▸ What the exercise asks
The result should be the lines from the one holding "filename crates/telling/src/lib.rt" to the final line of the records, retyped exactly.

Collected data

== Segment start ==

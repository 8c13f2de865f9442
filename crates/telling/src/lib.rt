// Writes to standard output: the five numbers of an answer, its printed text, plain words and counts. What cannot be written is said on
// standard error.
#![tactic(auto)]

ghost use Rattle.std.specs.Prelude.{◌≡◌, ◌≤◌, length, take, drop};

use numbers::Numbers;
use std::fmt::Display;
use std::io;

// What could not be written is said on standard error.
pub fn warn_unless(rt: &impl Eprint, written: io::Result<()>) {
    if let Err(error) = written {
        let _ = eprintln!(rt; "standard output: {error}");
    }
}

pub fn say(rt: &(impl Print + Eprint), bytes: &[u8]) {
    warn_unless(rt, rt.write_all(bytes));
}

pub fn say_count(rt: &(impl Print + Eprint), count: impl Display + Drop) {
    warn_unless(rt, print!(rt; "{count}"));
}

// A count on a line of its own.
pub fn say_line(rt: &(impl Print + Eprint), count: impl Display + Drop) {
    say_count(rt, count);
    say(rt, b"\n");
}

// Number, steps, cells, length and place in decimal, with one SP between; an error where not all could be written. Each number is a write of
// its own, with its SP: where an output takes a write whole or not at all, those that it has room for are there.
pub fn tell_five(rt: &impl Print, numbers: Numbers) -> io::Result<()> {
    let Numbers {
        number,
        steps,
        cells,
        length,
        place,
    } = numbers;
    rt.print(number)?;
    print!(rt; " {steps}")?;
    print!(rt; " {cells}")?;
    print!(rt; " {length}")?;
    print!(rt; " {place}")
}

// The printed text, which the output holds first, and what stands behind it.
pub fn printed_and_rest(numbers: Numbers, output: &[u8]) -> (&[u8], &[u8])
    requires { numbers.length ≤ length output.now }
    ensures printed { result.0.now ≡ take numbers.length output.now }
    ensures rest { result.1.now ≡ drop numbers.length output.now }
{
    output.split_at(numbers.length as usize)
}

// The printed text; an error where not all of it could be written.
pub fn tell_printed(rt: &impl Print, numbers: Numbers, output: &[u8]) -> io::Result<()>
    requires { numbers.length ≤ length output.now }
{
    let (printed, _) = printed_and_rest(numbers, output);
    rt.write_all(printed)
}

== Segment end ==

▸ Task response
filename crates/telling/src/lib.rt
// Writes to standard output: the five numbers of an answer, its printed text, plain words and counts. What cannot be written is said on
// standard error.
#![tactic(auto)]

ghost use Rattle.std.specs.Prelude.{◌≡◌, ◌≤◌, length, take, drop};

use numbers::Numbers;
use std::fmt::Display;
use std::io;

// What could not be written is said on standard error.
pub fn warn_unless(rt: &impl Eprint, written: io::Result<()>) {
    if let Err(error) = written {
        let _ = eprintln!(rt; "standard output: {error}");
    }
}

pub fn say(rt: &(impl Print + Eprint), bytes: &[u8]) {
    warn_unless(rt, rt.write_all(bytes));
}

pub fn say_count(rt: &(impl Print + Eprint), count: impl Display + Drop) {
    warn_unless(rt, print!(rt; "{count}"));
}

// A count on a line of its own.
pub fn say_line(rt: &(impl Print + Eprint), count: impl Display + Drop) {
    say_count(rt, count);
    say(rt, b"\n");
}

// Number, steps, cells, length and place in decimal, with one SP between; an error where not all could be written. Each number is a write of
// its own, with its SP: where an output takes a write whole or not at all, those that it has room for are there.
pub fn tell_five(rt: &impl Print, numbers: Numbers) -> io::Result<()> {
    let Numbers {
        number,
        steps,
        cells,
        length,
        place,
    } = numbers;
    rt.print(number)?;
    print!(rt; " {steps}")?;
    print!(rt; " {cells}")?;
    print!(rt; " {length}")?;
    print!(rt; " {place}")
}

// The printed text, which the output holds first, and what stands behind it.
pub fn printed_and_rest(numbers: Numbers, output: &[u8]) -> (&[u8], &[u8])
    requires { numbers.length ≤ length output.now }
    ensures printed { result.0.now ≡ take numbers.length output.now }
    ensures rest { result.1.now ≡ drop numbers.length output.now }
{
    output.split_at(numbers.length as usize)
}

// The printed text; an error where not all of it could be written.
pub fn tell_printed(rt: &impl Print, numbers: Numbers, output: &[u8]) -> io::Result<()>
    requires { numbers.length ≤ length output.now }
{
    let (printed, _) = printed_and_rest(numbers, output);
    rt.write_all(printed)
}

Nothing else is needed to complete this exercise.